# Checkmite for SHB control



## VolunteerK9 (Aug 19, 2011)

Incredible..no one has any Shb problems that they have never used Checkmite on? I have plenty to get rid of if a person would like to experience the slimed frames themselves.


----------



## David LaFerney (Jan 14, 2009)

It is very effective against shb. Apparently every beetle that touches it dies. Just follow the directions.


----------



## JStinson (Mar 30, 2013)

This is what you're looking for:

http://www.beesource.com/forums/showthread.php?287171-Question-about-CheckMite&highlight=jimmya


----------



## JStinson (Mar 30, 2013)

David LaFerney said:


> It is very effective against shb. Apparently every beetle that touches it dies. Just follow the directions.


David, was it you that had the account of the super weak hive infested with SHB? I seem to remember you hung a couple of checkmite strips in there, fully expecting the hive to succumb to the beetles in no time flat, but the hive ended up bouncing back. I don't know where that post is.


----------



## Rader Sidetrack (Nov 30, 2011)

Here is the thread with David's post about Checkmite and SHB.

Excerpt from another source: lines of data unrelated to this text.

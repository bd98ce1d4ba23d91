//! The ranks of pins in their classes.
ghost use Rattle.std.specs.Prelude.{◌≡◌, [], IfOk};
ghost use Rattle.cluster.specs.ClusterPins.{pin_ranks};

use arch_file::{Pin, PinClass};
use std::alloc::{AllocError, Global};

/// For each pin, the number of pins of its class before it.
pub(crate) fn ranks_of(alloc: Global, pins: &[Pin]) -> Result<Vec<usize>, AllocError>
    ensures { IfOk result (λ ranks. ranks.items ≡ pin_ranks pins.now) }
{
    let mut ranks = Vec::with_capacity(alloc, pins.len())?;
    match add_ranks(&mut ranks, pins) {
        Ok(()) => Ok(ranks),
        Err(error) => {
            drop(ranks);
            Err(error)
        }
    }
}

/// Adds the rank of each pin to an empty list.
fn add_ranks(ranks: &mut Vec<usize>, pins: &[Pin]) -> Result<(), AllocError>
    requires { ranks.old.items ≡ [] }
    ensures { IfOk result (λ _. ranks.new.items ≡ pin_ranks pins.now) }
{
    let mut inputs = 0;
    let mut outputs = 0;
    let mut clocks = 0;
    for pin in pins {
        match pin.class {
            PinClass::Input => {
                ranks.push(inputs)?;
                inputs += 1;
            }
            PinClass::Output => {
                ranks.push(outputs)?;
                outputs += 1;
            }
            PinClass::Clock => {
                ranks.push(clocks)?;
                clocks += 1;
            }
        }
    }
    Ok(())
}
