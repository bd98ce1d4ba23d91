//! Packing: the basic logic elements (BLEs) of a circuit in clusters, as T-VPack does, and the
//! blocks, nets and pins that result.
//!
//! - `check` finds out whether each BLE of a circuit fits into a cluster alone.
//! - `Packing` makes the clusters, one in each step. `Packed` is the result, with its blocks, nets
//!   and pins; `SharedPacked` is a packed circuit with many owners.
//! - `laws_of_packing` states what placing and routing may assume of each packed circuit.
#![tactic(auto)]

mod block;
mod block_nets;
mod cluster_sets;
mod driven_nets;
mod fault;
mod laws;
mod net_uses;
mod packed;
mod packed_tables;
mod packing;
mod pin_nets;
mod pin_ranks;
mod shared;

pub use ble_cluster::{Ble, Bles};
pub use block::{Block, BlockKey, BlockKind, BlockNet};
pub use fault::{PackError, PackFault};
pub use laws::laws_of_packing;
pub use packed::Packed;
pub use packing::{PackEnd, Packing, check};
pub use shared::SharedPacked;
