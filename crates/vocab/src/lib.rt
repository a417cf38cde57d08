// The reader of a trained vocabulary: a piece by its number, as the caller's own bytes.
//
// Pieces stand end to end in one run, and their ends, 4 bytes each, in another. No end is trusted
// before all of them are tested, so that any two runs and any number have an answer.
#![tactic(auto)]

ghost use Rattle.std.specs.Prelude.{◌≡◌, ◌*◌, ◌/◌, ◌<◌, ◌≤◌, length};
ghost use Rattle.runs.specs.Parts.{nth};
ghost use Rattle.numbers.specs.Little.{numbers};
ghost use Rattle.rule.specs.Shapes.{rise_to, shaped};
ghost use Rattle.rule.specs.Layout.{piece_start};
ghost use Rattle.vocab.specs.Reading.{Within, Looked, part_of, piece_given};

use error::PieceError;

// More ends than this are refused.
const MOST_ENDS: usize = 16777216;

// How far the two runs of a vocabulary are filled: so many pieces, which have so many bytes.
#[derive(Clone, Copy)]
pub struct Filled {
    pub count: usize,
    pub used: usize,
}

// The i-th end.
// Stays: who goes over parts keeps the last end: a walk with a closure would say more than the loop.
#[tactic(auto, using(crate::proofs::Places::number_load))]
pub fn end_at(ends: &[u8], i: usize) -> usize
    requires { i < length ends.now / 4 }
    ensures { result ≡ nth (numbers 4 ends.now) i }
{
    numbers::load4(ends, i * 4) as usize
}

// Where piece n starts: at the end before it, the first at 0.
#[tactic(auto, using(crate::proofs::Reading::start_later, rule::proofs::Reading::start_first))]
pub fn piece_start(ends: &[u8], n: usize) -> usize
    requires { n * 4 ≤ length ends.now }
    ensures { result ≡ piece_start ends.now n }
{
    if n == 0 {
        return 0;
    }
    end_at(ends, n - 1)
}

// Tells whether the ends rise from 0 to the number of bytes.
fn rises(ends: &[u8], bytes: usize) -> bool
    ensures { result ≡ rise_to bytes 0 (numbers 4 ends.now) }
{
    let mut last = 0;
    for i in 0..ends.len() / 4 {
        let end = end_at(ends, i);
        if end < last {
            return false;
        }
        last = end;
    }
    last == bytes
}

// Tells whether bytes and their ends have the shape of a table: whole ends that rise to the last
// byte.
#[tactic(auto, using(crate::proofs::Shaped::shaped_not, crate::proofs::Shaped::shaped_by))]
pub fn is_shaped(bytes: &[u8], ends: &[u8]) -> bool
    ensures { result ≡ shaped bytes.now ends.now }
{
    if ends.len() % 4 != 0 {
        return false;
    }
    rises(ends, bytes.len())
}

// Where a piece stands among the bytes of all pieces.
#[derive(Clone, Copy)]
pub struct Place {
    pub start: usize,
    pub length: usize,
}

// Looks a piece up by its number: where it stands, or why there is none.
pub fn look(pieces: &[u8], ends: &[u8], number: u64) -> Result<Place, PieceError>
    ensures { Looked pieces.now ends.now number result }
{
    if !is_shaped(pieces, ends) {
        return Err(PieceError::BadShape);
    }
    let count = ends.len() / 4;
    if MOST_ENDS < count {
        return Err(PieceError::BadShape);
    }
    if count as u64 <= number {
        return Err(PieceError::NoSuchId);
    }
    let n = number as usize;
    let start = piece_start(ends, n);
    let end = end_at(ends, n);
    let length = end - start;
    Ok(Place { start, length })
}

// The part of the pieces that an answer names: empty where it names none.
#[tactic(auto, using(crate::proofs::Reading::part_rules))]
fn part<'a>(pieces: &'a [u8], what: Result<Place, PieceError>) -> &'a [u8]
    requires { Within what (length pieces.now) }
    ensures { result.now ≡ part_of pieces.now what }
{
    match what {
        Ok(place) => &pieces[place.start..place.start + place.length],
        Err(_) => &[],
    }
}

// The piece that has a number, as part of the caller's own bytes: empty where there is none, which
// `look` tells from an empty piece.
// Stays: no Option, since the clause promises the empty part on a refusal (`piece_given`).
pub fn piece<'a, 'b>(pieces: &'a [u8], ends: &'b [u8], number: u64) -> &'a [u8]
    ensures { result.now ≡ piece_given pieces.now ends.now number }
{
    part(pieces, look(pieces, ends, number))
}
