//! What the votes of an epoch bring and cost each validator.

use ssz_codec::Items;

/// Rewards and penalties of each validator, in Gwei, in order of index (beacon-chain.md, "Rewards and penalties").
#[derive(Drop)]
pub struct Deltas {
    /// What is added to each balance.
    pub rewards: Items<u64>,
    /// What is taken from each balance then.
    pub penalties: Items<u64>,
}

http://www.beesource.com/forums/sho...988473&highlight=checkmite+beetles#post988473


----------



## David LaFerney (Jan 14, 2009)

That hive eventually absconded, but that's really no surprise. I think the checkmite actually works better inside of a CD case or under corrugated plastic as reccomended because more beetles come in contact with it trying to hide. I think they have to touch it for it to work. Also, CD cases work great unless the bees propolize the holes - which of course they often do. The beetles have really been populous late this season.


----------



## VolunteerK9 (Aug 19, 2011)

JStinson said:


> This is what you're looking for:
> 
> http://www.beesource.com/forums/showthread.php?287171-Question-about-CheckMite&highlight=jimmya


Thank you - I couldnt find it.


----------



## Myron Denny (Sep 27, 2009)

http://www.uaex.edu/Other_Areas/publications/PDF/FSA-7075.pdf 
Above is the Arkansas address for SHB treatment, it does not mention "DE" Dimotacious Earth (sp?) on the ground under and around the hive area. Has anyone tried this with or without success?


----------



## Barry (Dec 28, 1999)

The problem with DE is that for it to be effective, it has to remain dry. Don't see how that would work in this situation unless you were in the desert. I've had limited success with it using it on my foundation house wall to keep ants at bay.


----------



## Myron Denny (Sep 27, 2009)

Barry,
We used "fossil flour", at the time we were told it was "DE" in our dairy cow grain ration, we were told by using it would kill the parasite in the cow stomach's without harm to the cows. A cow stomach (rumen) is wet and the fossil flour seemed to work??? It did eliminate the oder in the manure!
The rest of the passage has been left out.